I am reading up a bit on Master Boot Record layout and I was particularly interested in how the partition layout causes a size limitation on the size of the storage that can be used on a device with MBR.
Each partition within an MBR is defined using a 16 byte entry. The usage of those 16 bytes is as follows:
- 1st byte, if it has a value of 80, indicates active partition
- 2nd byte, the head number where the partition begins. This means MBR can address 256 different heads
- 3rd byte, the first 6 bits are used to capture the sector number of the 1st sector of the partition. This means MBR can address 64 different sectors
- 4th byte + last 2 bits of 3rd byte (total of 10 bits) store the track number where the partition begins. This means a total of 1024 tracks can be addressed using MBR partition entry.
- 5th byte (OS indicator)
- 6th byte the head number where the partition ends
- 7th byte, the first 6 bits are used to capture the sector number of the last sector of the partition
- 8th byte + last 2 bits of 7th byte store the track number where the partition ends
- Bytes 9, 10, 11, and 12 capture how many sectors where there before the beginning of the partition
- Bytes 13, 14, 15, and 16 capture how many sectors are there in the partition
Suppose we have only 1 partition in MBR and I make that the active partition.

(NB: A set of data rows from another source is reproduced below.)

//! How often the parameter of each origin was not available.
ghost use Rattle.std.specs.Prelude.{◌≡◌, ◌++◌, ◌∷◌, [], List, OnErr, OnOk, false};
ghost use Rattle.std.specs.List.{list_any};
ghost use Rattle.j39_memory.specs.ByOrigin.{pairs_of};
ghost use Rattle.j39_frame.specs.Origin.{is_same};
ghost use Rattle.j39_frame.specs.declared.origin.Origin.{Origin};
ghost use Rattle.j39_reports.specs.RowsSoFar.{AreCounted, counted};

use crate::summaries::guesses::Guesses;
use j39_frame::Origin;
use j39_memory::{ByOrigin, OriginChange};
use std::alloc::{AllocError, Global};

/// How often the parameter of each origin was not available. A count that would pass 2^64 - 1 stays there (own).
#[derive(Drop)]
pub(crate) struct Absences {
    pub counts: ByOrigin<u64>,
    guesses: Guesses,
}

impl Absences {
    /// None.
    pub fn new(alloc: Global) -> Absences
        ensures { AreCounted (pairs_of result.counts) [] }
    {
        Absences {
            counts: ByOrigin::new(alloc),
            guesses: Guesses::new(),
        }
    }

    /// The parameter of this origin was not available once more.
    #[inline(never)]
    pub fn count(&mut self, origin: Origin) -> Result<(), AllocError>
        ensures counted { OnOk result ((absences : List Origin) → AreCounted (pairs_of self.old.counts) absences
            → AreCounted (pairs_of self.new.counts) (absences ++ origin ∷ [])) }
        ensures wanted { OnErr result ((absences : List Origin) → AreCounted (pairs_of self.old.counts) absences
            → list_any (is_same origin) absences ≡ false) }
    {
        let place = self.guesses.place_of(&self.counts, origin);
        match place {
            Some(at) => self.counts.change(at, AddedAbsence {}),
            None => self.counts.add(origin, 1),
        }
    }

    /// How often the parameter of this origin was not available.
    pub fn of(&self, origin: Origin) -> u64
        ensures { result ≡ counted (pairs_of self.now.counts) origin }
    {
        match self.counts.place_of(origin) {
            Some(at) => {
                let (_, count) = self.counts.pair_at(at);
                *count
            }
            None => 0,
        }
    }
}

/// Once more.
#[derive(Clone, Copy)]
struct AddedAbsence {}

impl OriginChange<u64> for AddedAbsence {
    ghost use Rattle.std.specs.Prelude.{◌≡◌, ◌+◌, IsOk};
    ghost use Rattle.j39_listen.specs.Counting.{capped};

    ghost changes = { λ more old result new. IsOk result × (new ≡ capped (old + 1)) };

    #[inline(always)]
    fn make(self, count: &mut u64) -> Result<(), AllocError> {
        *count = count.saturating_add(1);
        Ok(())
    }
}
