//! Values that are words.
ghost use Rattle.std.specs.Prelude.{◌≡◌, IfSome};
ghost use Rattle.j39_groups.specs.Models.{value_of};
ghost use Rattle.j39_reports.specs.RowModels.{word_value};

use j39_groups::Value;

/// A value that is no number and no text: small enough to be handed on in a register.
#[derive(Clone, Copy)]
pub(crate) enum Word {
    On,
    Off,
    Error,
    Reserved,
    Indicator,
}

impl Word {
    /// That of a value, if it is one.
    #[inline(always)]
    pub fn of(value: Value<'_, '_>) -> Option<Word>
        ensures { IfSome result (λ word. word_value word ≡ value_of value.entry) }
    {
        match value {
            Value::On => Some(Word::On),
            Value::Off => Some(Word::Off),
            Value::Error => Some(Word::Error),
            Value::Reserved => Some(Word::Reserved),
            Value::Indicator => Some(Word::Indicator),
            Value::Number(_, _) => None,
            Value::Text(_) => None,
        }
    }

    /// The value itself.
    #[inline(always)]
    pub fn value<'t, 'v>(self) -> Value<'t, 'v>
        ensures { value_of result ≡ word_value self }
    {
        match self {
            Word::On => Value::On,
            Word::Off => Value::Off,
            Word::Error => Value::Error,
            Word::Reserved => Value::Reserved,
            Word::Indicator => Value::Indicator,
        }
    }
}
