//! Where what was heard last stands.
ghost use Rattle.std.specs.Prelude.{◌≡◌, ℕ, IfSome, Some, get_or, replicate, slice_set};
ghost use Rattle.j39_memory.specs.ByOrigin.{pairs_of};
ghost use Rattle.j39_frame.specs.Origin.{place_in};
ghost use Rattle.j39_reports.specs.Leads.{guess_place};

use j39_frame::Origin;
use j39_memory::ByOrigin;

/// How many places are remembered.
const PLACES: usize = 1024;

/// Where what was heard last stands, by address and a number, of a parameter or of a group, as a look-up costs more than a value.
#[derive(Drop)]
pub struct Guesses {
    places: [usize; PLACES],
}

impl Guesses {
    /// Each is the first place.
    pub fn new() -> Guesses
        ensures { result.places ≡ replicate 1024 0 }
    {
        Guesses {
            places: [0; PLACES],
        }
    }

    /// Where what has this address and this number stands, if anything does: that is to be asked there.
    #[inline(always)]
    pub(crate) fn guess(&self, address: u8, number: u32) -> usize
        ensures { (d : ℕ) → result ≡ get_or self.now.places (guess_place address number) d }
    {
        self.places[guess_at(address, number)]
    }

    /// What has this address and this number stands there.
    #[inline]
    pub(crate) fn remember(&mut self, address: u8, number: u32, place: usize)
        ensures { self.new.places ≡ slice_set self.old.places (guess_place address number) place }
    {
        self.places[guess_at(address, number)] = place;
    }

    /// Where an origin stands, if that is remembered: most values are of an origin that is.
    #[inline(always)]
    pub fn known_place<T: Drop>(&self, values: &ByOrigin<T>, origin: Origin) -> Option<usize>
        ensures { IfSome result (λ place. place_in (pairs_of values.now) origin ≡ Some place) }
    {
        let guess = self.guess(origin.address, origin.spn);
        if values.stands_at(guess, origin) {
            Some(guess)
        } else {
            None
        }
    }

    /// Where an origin stands, if it has a value.
    #[inline(never)]
    pub fn place_of<T: Drop>(&mut self, values: &ByOrigin<T>, origin: Origin) -> Option<usize>
        ensures { result ≡ place_in (pairs_of values.now) origin }
    {
        if let Some(place) = self.known_place(values, origin) {
            return Some(place);
        }
        let place = values.place_of(origin);
        self.remember(origin.address, origin.spn, place.unwrap_or(values.len()));
        place
    }
}

/// Where the guess for an address and a number stands. Few of one bus have one place.
#[inline(always)]
fn guess_at(address: u8, number: u32) -> usize
    ensures { result ≡ guess_place address number }
{
    (usize::from(address) * 37 + number as usize) % PLACES
}
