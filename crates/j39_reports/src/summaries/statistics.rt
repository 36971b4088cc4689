//! What is kept of the values of one origin.
ghost use Rattle.std.specs.Prelude.{◌≡◌, ◌==◌, ◌+◌, ◌-◌, ◌^◌, if◌then◌else◌, None, OnErr, OnOk, IfOk, Some};
ghost use Rattle.std.specs.Option.{option_map};
ghost use Rattle.j39_frame.specs.Stamp.{stamp_micros};
ghost use Rattle.j39_groups.specs.Models.{scale_record, value_of};
ghost use Rattle.j39_groups.specs.Value.{number, text as text_value};
ghost use Rattle.j39_listen.specs.Counting.{capped};
ghost use Rattle.j39_reports.specs.RowsSoFar.{begun, grown, one_if, widened};
ghost use Rattle.j39_reports.specs.RowModels.{entry_at, range_of_span, row_shown};
ghost use Rattle.j39_reports.specs.SummaryRun.{IsText};
ghost use Rattle.j39_reports.specs.Summary.{are_comparable, is_word_value, number_in};
ghost use Rattle.j39_frame.specs.declared.origin.Origin.{Origin};

use crate::summaries::stored_value::{StoredValue, copy_of};
use j39_frame::Stamp;
use j39_groups::{Slot, Value};
use j39_memory::OriginChange;
use std::alloc::{AllocError, Global};

/// A value with its moment.
#[derive(Drop)]
pub struct Sample<'t> {
    pub stamp: Stamp,
    pub value: StoredValue<'t>,
}

/// The least and the most number, in units of the last printed place, and the scale of the first.
#[derive(Clone, Copy)]
pub(crate) struct NumberRange<'t> {
    pub scale: Slot<'t>,
    pub least: i64,
    pub most: i64,
}

/// What the values of one origin did. A count that would pass 2^64 - 1 stays there (own).
#[derive(Drop)]
pub(crate) struct Statistics<'t> {
    pub count: u64,
    pub words: u64,
    pub first: Sample<'t>,
    pub last: Sample<'t>,
    pub range: Option<NumberRange<'t>>,
    /// Where the row stands that leads those of its sender, destination, NAME and group.
    pub lead: usize,
}

impl<'t> Statistics<'t> {
    /// Those of one value. Only a text takes memory.
    pub fn begin(
        alloc: Global,
        lead: usize,
        stamp: Stamp,
        value: Value<'t, '_>,
    ) -> Result<Statistics<'t>, AllocError>
        ensures begun { IfOk result (λ statistics. (origin : Origin)
            → row_shown (origin, statistics) ≡ begun (entry_at origin (stamp_micros stamp) (value_of value.entry))) }
        ensures lead { IfOk result (λ statistics. statistics.lead ≡ lead) }
        ensures wanted { OnErr result (IsText (value_of value.entry)) }
    {
        let first = StoredValue::of(alloc, value)?;
        let last = StoredValue::of(alloc, value)?;
        Ok(Statistics {
            count: 1,
            words: u64::from(is_word(value)),
            first: Sample {
                stamp,
                value: first,
            },
            last: Sample { stamp, value: last },
            range: span_of(value),
            lead,
        })
    }

    /// One value more. Only a text takes memory.
    #[inline(always)]
    pub fn grow(
        &mut self,
        alloc: Global,
        stamp: Stamp,
        value: Value<'t, '_>,
    ) -> Result<(), AllocError>
        ensures grown { OnOk result ((origin : Origin) → row_shown (origin, self.new)
            ≡ grown (row_shown (origin, self.old)) (entry_at origin (stamp_micros stamp) (value_of value.entry))) }
        ensures wanted { OnErr result (IsText (value_of value.entry)) }
        ensures lead { self.new.lead ≡ self.old.lead }
    {
        match value {
            Value::Number(number, scale) => self.grow_by_number(stamp, number, scale),
            Value::On => self.put(stamp, StoredValue::On, false),
            Value::Off => self.put(stamp, StoredValue::Off, false),
            Value::Error => self.put(stamp, StoredValue::Error, true),
            Value::Reserved => self.put(stamp, StoredValue::Reserved, true),
            Value::Indicator => self.put(stamp, StoredValue::Indicator, true),
            Value::Text(text) => return self.grow_by_text(alloc, stamp, text),
        }
        Ok(())
    }

    /// One text more, off the quick path.
    #[inline(never)]
    fn grow_by_text(&mut self, alloc: Global, stamp: Stamp, text: &[u8]) -> Result<(), AllocError>
        ensures grown { OnOk result ((origin : Origin) → row_shown (origin, self.new)
            ≡ grown (row_shown (origin, self.old)) (entry_at origin (stamp_micros stamp) (text_value text.now))) }
        ensures lead { self.new.lead ≡ self.old.lead }
    {
        let copy = copy_of(alloc, text)?;
        self.put(stamp, StoredValue::Text(copy), false);
        Ok(())
    }

    /// One number more.
    #[inline(always)]
    fn grow_by_number(&mut self, stamp: Stamp, value: i64, scale: Slot<'t>)
        ensures grown { (origin : Origin) → row_shown (origin, self.new)
            ≡ grown (row_shown (origin, self.old))
            (entry_at origin (stamp_micros stamp) (number value (scale_record scale.entry))) }
        ensures lead { self.new.lead ≡ self.old.lead }
    {
        widen(&mut self.range, value, scale);
        self.put(stamp, StoredValue::Number(value, scale), false);
    }

    /// The last value is another one, and counts.
    #[inline(always)]
    fn put(&mut self, stamp: Stamp, value: StoredValue<'t>, is_word: bool)
        ensures count { self.new.count ≡ capped (self.old.count + 1) }
        ensures words { self.new.words ≡ capped (self.old.words + one_if is_word) }
        ensures first { self.new.first ≡ self.old.first }
        ensures last { self.new.last ≡ record { stamp = stamp; value = value.entry } }
        ensures range { self.new.range ≡ self.old.range }
        ensures lead { self.new.lead ≡ self.old.lead }
    {
        self.count = self.count.wrapping_add(1);
        self.words = self.words.saturating_add(u64::from(is_word));
        self.last.stamp = stamp;
        if self.count == 0 || self.last.value.is_text() {
            self.put_rarely(value);
            return;
        }
        self.last.value = value;
    }

    /// What a row seldom has: a text to give back, or a count that passed 2^64 - 1, where it is to stay.
    #[inline(never)]
    fn put_rarely(&mut self, value: StoredValue<'t>)
        ensures count { self.new.count ≡ if self.old.count == 0 then 2 ^ 64 - 1 else self.old.count }
        ensures words { self.new.words ≡ self.old.words }
        ensures first { self.new.first ≡ self.old.first }
        ensures last { self.new.last ≡ record { stamp = self.old.last.stamp; value = value.entry } }
        ensures range { self.new.range ≡ self.old.range }
        ensures lead { self.new.lead ≡ self.old.lead }
    {
        if self.count == 0 {
            self.count = u64::MAX;
        }
        self.last.value = value;
    }
}

/// One value more of an origin that has a row.
#[derive(Clone, Copy)]
pub(crate) struct AddedValue<'t, 'v> {
    pub alloc: Global,
    pub stamp: Stamp,
    pub value: Value<'t, 'v>,
}

impl<'t, 'v> OriginChange<Statistics<'t>> for AddedValue<'t, 'v> {
    ghost use Rattle.std.specs.Prelude.{◌≡◌, OnErr, OnOk};
    ghost use Rattle.j39_groups.specs.Models.{value_of};
    ghost use Rattle.j39_reports.specs.RowsSoFar.{HasGrown};
    ghost use Rattle.j39_reports.specs.SummaryRun.{IsText};

    ghost changes = { λ more old result new. OnOk result (HasGrown old (stamp_micros more.stamp)
        (value_of more.value) new) × (OnErr result (IsText (value_of more.value)) × (new.lead ≡ old.lead)) };

    #[inline(always)]
    fn make(self, statistics: &mut Statistics<'t>) -> Result<(), AllocError> {
        statistics.grow(self.alloc, self.stamp, self.value)
    }
}

/// Whether a value is a word that stands in the place of a number.
#[inline(always)]
fn is_word(value: Value<'_, '_>) -> bool
    ensures { result ≡ is_word_value (value_of value.entry) }
{
    match value {
        Value::Number(_, _) => false,
        Value::On => false,
        Value::Off => false,
        Value::Error => true,
        Value::Reserved => true,
        Value::Indicator => true,
        Value::Text(_) => false,
    }
}

/// The range of one value.
fn span_of<'t>(value: Value<'t, '_>) -> Option<NumberRange<'t>>
    ensures { option_map range_of_span result ≡ widened None (number_in (value_of value.entry)) }
{
    match value {
        Value::Number(number, scale) => Some(NumberRange::of(number, scale)),
        Value::On => None,
        Value::Off => None,
        Value::Error => None,
        Value::Reserved => None,
        Value::Indicator => None,
        Value::Text(_) => None,
    }
}

/// Whether numbers of both can be compared: they have as many places, and one unit.
#[inline(always)]
fn are_comparable(a: Slot<'_>, b: Slot<'_>) -> bool
    ensures { result ≡ are_comparable (scale_record a.entry) (scale_record b.entry) }
{
    a.places() == b.places() && a.unit() == b.unit()
}

/// The range has a number more.
#[inline(always)]
fn widen<'t>(range: &mut Option<NumberRange<'t>>, number: i64, scale: Slot<'t>)
    ensures { option_map range_of_span range.new ≡ widened (option_map range_of_span range.old)
        (Some (record { value = number; slot = scale_record scale.entry })) }
{
    match range {
        None => *range = Some(NumberRange::of(number, scale)),
        Some(span) => span.widen(number, scale),
    }
}

impl<'t> NumberRange<'t> {
    /// That of one number.
    #[inline(always)]
    fn of(number: i64, scale: Slot<'t>) -> NumberRange<'t>
        ensures { Some (range_of_span result) ≡ widened None
            (Some (record { value = number; slot = scale_record scale.entry })) }
    {
        NumberRange {
            scale,
            least: number,
            most: number,
        }
    }

    /// It has a number more, where that can be compared with the first.
    #[inline(always)]
    fn widen(&mut self, number: i64, scale: Slot<'t>)
        ensures { Some (range_of_span self.new) ≡ widened (Some (range_of_span self.old))
            (Some (record { value = number; slot = scale_record scale.entry })) }
    {
        // Most numbers lie within, whatever they are compared with.
        if number < self.least || self.most < number {
            self.move_bounds(number, scale);
        }
    }

    /// A bound moves to a number, where that can be compared with the first.
    #[inline(never)]
    fn move_bounds(&mut self, number: i64, scale: Slot<'t>)
        ensures { Some (range_of_span self.new) ≡ widened (Some (range_of_span self.old))
            (Some (record { value = number; slot = scale_record scale.entry })) }
    {
        if are_comparable(self.scale, scale) {
            self.least = self.least.min(number);
            self.most = self.most.max(number);
        }
    }
}
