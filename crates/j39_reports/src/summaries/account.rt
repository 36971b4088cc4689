//! The summary of the report of a log: the run that writes it, and the account of frames that it writes.
ghost use Rattle.std.specs.Prelude.{◌≡◌, ◌<◌, ◌++◌, ◌∷◌, [], List};
ghost use Rattle.std.specs.Prelude.{IfOk, OnErr, Err};
ghost use Rattle.j39_memory.specs.ByOrigin.{pairs_of};
ghost use Rattle.j39_frame.specs.Frame.{FrameRecord};
ghost use Rattle.j39_frame.specs.Identifier.{pgn_of};
ghost use Rattle.j39_groups.specs.Readings.{is_reported_in};
ghost use Rattle.std.specs.List.{flat_map};
ghost use Rattle.j39_io.specs.Turn.{turn};
ghost use Rattle.j39_listen.specs.Chooses.{Chooses, which_of};
ghost use Rattle.j39_listen.specs.Filter.{FilterRecord, first_stamp, messages_taken};
ghost use Rattle.j39_listen.specs.Headed.{begins_flushed};
ghost use Rattle.j39_listen.specs.Heard.{AreHeard, Hearing};
ghost use Rattle.j39_listen.specs.Listening.{Hears};
ghost use Rattle.j39_listen.specs.Report.{Entry, entries_of};
ghost use Rattle.j39_listen.specs.Output.{nothing};
ghost use Rattle.j39_listen.specs.Ran.{PassesOn, Ran};
ghost use Rattle.j39_reports.specs.SummarySoFar.{HasSummed, NotesFrame};
ghost use Rattle.j39_frame.specs.declared.origin.Origin.{Origin};
ghost use Rattle.j39_reports.specs.RowsSoFar.{AreCounted, AreRowsOf};
ghost use Rattle.j39_reports.specs.Summary.{absences_of};
ghost use Rattle.j39_reports.specs.SummaryRun.{AsksForRows, MakesSummary};

use crate::summaries::lines::put_rows;
use crate::summaries::rows::Rows;
use j39_frame::{Frame, Id};
use j39_groups::Groups;
use j39_io::{DeviceFault, Sink, Source};
use j39_listen::{
    Account, Chooser, Counts, Format, LineFault, Listener, Made, Roles, RunFault, Wanted,
    run_headed, run_over,
};
use j39_log::Bus;
use std::alloc::{AllocError, Global};

/// What a summary is to tell, and in which form.
#[derive(Clone, Copy)]
pub struct SummaryWanted<'g, 't> {
    pub wanted: Wanted<'g, 't>,
    pub format: Format,
}

/// Writes the summary of a log of at most `limit` bytes of what is wanted: a line, a record of
/// comma-separated values (RFC 4180), or an object (RFC 8259), for each parameter that a controller on the bus reported, in the order of their
/// first values. The names of the columns of records are written before the log is read. Without a bus it is that of
/// the first frame in the log.
pub fn summary<R: Source, W: Sink>(
    alloc: Global,
    summed: SummaryWanted<'_, '_>,
    source: &mut R,
    sink: &mut W,
    bus: Option<Bus>,
    limit: u64,
) -> Result<Counts, RunFault>
    // What the run promises is `Ran`: what is written is the summary of what the filter takes of the log's report, of all of it
    // without one, and nothing else. Memory is
    // wanted only at a frame that announces a message, and at one where a message is heard that has a value of a
    // parameter without a row, or a text, or a parameter that is not available for the first time.
    ensures ran { Ran (MakesSummary summed.entry.format (which_of summed.entry.wanted.filter) summed.entry.wanted.groups.now)
        (AsksForRows (which_of summed.entry.wanted.filter) summed.entry.wanted.groups.now) bus limit result
        (turn R.remaining R.has_failed source.old source.new) (turn W.written W.has_failed sink.old sink.new) }

    // What was written is passed on at the end, and before each read, the names of the columns before the first.
    ensures flushed { PassesOn result (begins_flushed summed.entry.format (W.is_flushed sink.old)) (W.is_flushed sink.new) }
{
    let account = SummaryAccount::new(alloc, summed);
    match summed.format {
        Format::Line(_) => run_over(account, source, sink, bus, limit),
        Format::Record => run_headed(COLUMNS, account, source, sink, bus, limit),
        Format::Object => run_over(account, source, sink, bus, limit),
    }
}

/// The names of the columns of records.
const COLUMNS: &[u8] =
    b"address,destination,name,pgn,spn,parameter,values,words,absent,first_stamp,first_utc,last_stamp,last_utc,least,most,unit,first,last,state\r\n";

/// What is heard so far, and the rows of its summary.
#[derive(Drop)]
pub(crate) struct SummaryAccount<'g, 't> {
    roles: Roles<'g, 't>,
    form: Format,
    chooser: Chooser<'g>,
    listener: Listener,
    rows: Rows<'t>,
    messages: u64,
}

impl<'g, 't> SummaryAccount<'g, 't> {
    /// The summary of no frames.
    pub fn new(alloc: Global, summed: SummaryWanted<'g, 't>) -> SummaryAccount<'g, 't>
        ensures { HasSummed summed.entry.format (which_of summed.entry.wanted.filter) summed.entry.wanted.groups.now result [] nothing }
    {
        let Wanted { groups, filter } = summed.wanted;
        SummaryAccount {
            roles: Roles::new(groups),
            form: summed.format,
            chooser: Chooser::new(filter),
            listener: Listener::new(alloc),
            rows: Rows::new(alloc),
            messages: 0,
        }
    }
}

impl<'g, 't> Account for SummaryAccount<'g, 't> {
    ghost use Rattle.j39_reports.specs.SummarySoFar.{HasSummed, SummaryAsked};
    ghost use Rattle.j39_reports.specs.SummaryRun.{AsksForRows, MakesSummaryIn};

    ghost Subject = { SummaryAsked };

    ghost has_met = { λ subject bus. HasSummed subject.form subject.which subject.rows };

    ghost makes = { λ subject. MakesSummaryIn subject.form subject.which subject.rows };

    ghost asks = { λ subject. AsksForRows subject.which subject.rows };

    /// Most frames are of groups that nobody hears.
    #[inline(always)]
    fn passes_over(&self, id: Id) -> bool {
        self.roles.passes_over(id) && self.chooser.is_begun()
    }

    #[inline(always)]
    fn feed<W: Sink>(&mut self, _: &Bus, frame: &Frame, _: &mut W) -> Result<(), LineFault> {
        self.chooser.note(frame);
        let groups = self.roles.groups;
        let role = self.roles.of(frame.id);
        match note(
            &mut self.listener,
            groups,
            &self.chooser,
            &mut self.rows,
            role.is_single,
            frame,
        ) {
            Ok(messages) => {
                self.messages = self.messages.saturating_add(messages);
                Ok(())
            }
            Err(AllocError) => Err(LineFault::Memory),
        }
    }

    fn close<W: Sink>(&self, sink: &mut W) -> Result<Made, DeviceFault> {
        put_rows(&self.rows, self.form, self.roles.groups, sink)?;
        Ok(Made {
            messages: self.messages,
            lines: self.rows.rows.len() as u64,
        })
    }

    fn laws() {}
}

/// Takes what is heard at a frame to its rows, and answers how many messages that is; the caller says whether messages of
/// its group are heard in one frame.
#[inline(never)]
fn note<'t>(
    listener: &mut Listener,
    groups: &Groups<'t>,
    chooser: &Chooser<'_>,
    rows: &mut Rows<'t>,
    is_single: bool,
    frame: &Frame,
) -> Result<u64, AllocError>
    requires { is_single ≡ is_reported_in groups.now (pgn_of frame.now.id) }
    ensures noted { IfOk result (λ messages. (which : FilterRecord) (F : List FrameRecord) (before : List Entry)
        → Hears listener.old F → Chooses which chooser.now (F ++ frame.now ∷ [])
        → AreRowsOf (pairs_of rows.old.rows) before → (absent : List Origin)
        → AreCounted (pairs_of rows.old.absences.counts) absent
        → NotesFrame which groups.now F frame.now listener.new rows.new before absent messages) }
    ensures asked { OnErr result ((which : FilterRecord) (F : List FrameRecord) (heard : List Hearing)
        → Hears listener.old F → Chooses which chooser.now (F ++ frame.now ∷ []) → AreHeard groups.now F heard
        → AreRowsOf (pairs_of rows.old.rows)
        (flat_map (entries_of groups.now) (messages_taken which (first_stamp F) heard))
        → AreCounted (pairs_of rows.old.absences.counts)
        (flat_map (absences_of groups.now) (messages_taken which (first_stamp F) heard))
        → AsksForRows which groups.now F frame.now) }
{
    match listener.feed_as(is_single, frame) {
        Err(AllocError) => Err(AllocError),
        Ok(None) => Ok(0),
        Ok(Some(heard)) => {
            if !chooser.takes(&heard) {
                return Ok(1);
            }
            rows.begin(&heard);
            match groups.visit(heard.message.pgn, heard.message.payload, rows, &mut ()) {
                Ok(()) => {
                    if rows.is_refused {
                        return Err(AllocError);
                    }
                    Ok(1)
                }
                Err(AllocError) => Err(AllocError),
            }
        }
    }
}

The zeroth sector is occupied by the MBR itself while the first partition starts from sector 1. Then the total number of sectors in this partition are:
2^10 = 1024 (number of tracks)
2^6 = 64 (number of sectors)
2^8 = 256 (number of heads)
1024 * 64 * 256 = 16,777,216 sectors
With every sector containing 512 bytes we get a maximum partition size of 8,589,934,592 (8.5 GB). If this is correct (which I doubt), shouldn't the maximum size of a disk addressable by MBR be 8.5 GB? I see everywhere they talk of 2.1 TBs and I am unable to understand how.